Activity
What you return must match the records exactly, line for line.
*** Supplied records ***
//! What a log says of one brick, against the brick's own journal and outputs.
ghost use Rattle.std.specs.Prelude.{◌≡◌, ◌∷◌, ◌<◌, ◌^◌, ◌↔◌, IsTrue, Some, List, take, length, slice_get, option_copied};
ghost use Rattle.mount_log.specs.Arrivals.{inputs_to, arrivals_from};
ghost use Rattle.mount_log.specs.declared.logs.HubEvent.{HubEvent as Event};
ghost use Rattle.mount_log.specs.declared.logs.SentLine.{SentLine as Line};
ghost use Rattle.log_audit.specs.Prefixes.{behind};

use bytes::Bytes;
use mount_log::{HubEvent, SentLine};

// The bytes that a line sends to a brick.
fn sent_to<'a>(line: &'a SentLine, brick: u8) -> Option<&'a Bytes>
    ensures { (lines : List Line) → inputs_to brick (line.now ∷ lines) ≡ behind (option_copied result) (inputs_to brick lines) }
{
    if line.brick == brick {
        Some(&line.bytes)
    } else {
        None
    }
}

// The bytes that arrive from a brick in an event.
fn arrival<'a>(event: &'a HubEvent, brick: u8) -> Option<&'a Bytes>
    ensures { (events : List Event) → arrivals_from brick (event.now ∷ events) ≡ behind (option_copied result) (arrivals_from brick events) }
{
    match event {
        HubEvent::Arrive { brick: from, bytes } => {
            if *from == brick { Some(bytes) } else { None }
        }
        _ => None,
    }
}

fn is_at(list: &[Bytes], at: usize, bytes: &Bytes) -> bool
    ensures { IsTrue result ↔ (slice_get list.now at ≡ Some bytes.now) }
{
    match list.get(at) {
        Some(found) => found.as_slice() == bytes.as_slice(),
        None => false,
    }
}

/// How many items a list of bytes has: fewer than 2^64.
pub fn count_of(list: &[Bytes]) -> usize
    ensures value { result ≡ length list.now }
    ensures few { length list.now < 2 ^ 64 }
{
    list.len()
}

/// Whether a brick's journal is a prefix of what was sent to it.
pub fn was_sent(brick: u8, sent: &[SentLine], journal: &[Bytes]) -> bool
    ensures { IsTrue result ↔ (take (length journal.now) (inputs_to brick sent.now) ≡ journal.now) }
{
    let mut at = 0usize;
    for line in sent {
        if at == journal.len() {
            return true;
        }
        let Some(bytes) = sent_to(line, brick) else {
            continue;
        };
        if !is_at(journal, at, bytes) {
            return false;
        }
        at += 1;
    }
    at == journal.len()
}

/// Whether what arrived from a brick is a prefix of its outputs.
pub fn was_put_out(brick: u8, events: &[HubEvent], outputs: &[Bytes]) -> bool
    ensures { IsTrue result ↔ (take (length (arrivals_from brick events.now)) outputs.now ≡ arrivals_from brick events.now) }
{
    let mut at = 0usize;
    for event in events {
        let Some(bytes) = arrival(event, brick) else {
            continue;
        };
        if !is_at(outputs, at, bytes) {
            return false;
        }
        at += 1;
    }
    true
}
*** End of Supplied records ***
Response area
//! What a log says of one brick, against the brick's own journal and outputs.
ghost use Rattle.std.specs.Prelude.{◌≡◌, ◌∷◌, ◌<◌, ◌^◌, ◌↔◌, IsTrue, Some, List, take, length, slice_get, option_copied};
ghost use Rattle.mount_log.specs.Arrivals.{inputs_to, arrivals_from};
ghost use Rattle.mount_log.specs.declared.logs.HubEvent.{HubEvent as Event};
ghost use Rattle.mount_log.specs.declared.logs.SentLine.{SentLine as Line};
ghost use Rattle.log_audit.specs.Prefixes.{behind};

use bytes::Bytes;
use mount_log::{HubEvent, SentLine};

// The bytes that a line sends to a brick.
fn sent_to<'a>(line: &'a SentLine, brick: u8) -> Option<&'a Bytes>
    ensures { (lines : List Line) → inputs_to brick (line.now ∷ lines) ≡ behind (option_copied result) (inputs_to brick lines) }
{
    if line.brick == brick {
        Some(&line.bytes)
    } else {
        None
    }
}

// The bytes that arrive from a brick in an event.
fn arrival<'a>(event: &'a HubEvent, brick: u8) -> Option<&'a Bytes>
    ensures { (events : List Event) → arrivals_from brick (event.now ∷ events) ≡ behind (option_copied result) (arrivals_from brick events) }
{
    match event {
        HubEvent::Arrive { brick: from, bytes } => {
            if *from == brick { Some(bytes) } else { None }
        }
        _ => None,
    }
}

fn is_at(list: &[Bytes], at: usize, bytes: &Bytes) -> bool
    ensures { IsTrue result ↔ (slice_get list.now at ≡ Some bytes.now) }
{
    match list.get(at) {
        Some(found) => found.as_slice() == bytes.as_slice(),
        None => false,
    }
}

/// How many items a list of bytes has: fewer than 2^64.
pub fn count_of(list: &[Bytes]) -> usize
    ensures value { result ≡ length list.now }
    ensures few { length list.now < 2 ^ 64 }
{
    list.len()
}

/// Whether a brick's journal is a prefix of what was sent to it.
pub fn was_sent(brick: u8, sent: &[SentLine], journal: &[Bytes]) -> bool
    ensures { IsTrue result ↔ (take (length journal.now) (inputs_to brick sent.now) ≡ journal.now) }
{
    let mut at = 0usize;
    for line in sent {
        if at == journal.len() {
            return true;
        }
        let Some(bytes) = sent_to(line, brick) else {
            continue;
        };
        if !is_at(journal, at, bytes) {
            return false;
        }
        at += 1;
    }
    at == journal.len()
}

/// Whether what arrived from a brick is a prefix of its outputs.
pub fn was_put_out(brick: u8, events: &[HubEvent], outputs: &[Bytes]) -> bool
    ensures { IsTrue result ↔ (take (length (arrivals_from brick events.now)) outputs.now ≡ arrivals_from brick events.now) }
{
    let mut at = 0usize;
    for event in events {
        let Some(bytes) = arrival(event, brick) else {
            continue;
        };
        if !is_at(outputs, at, bytes) {
            return false;
        }
        at += 1;
    }
    true
}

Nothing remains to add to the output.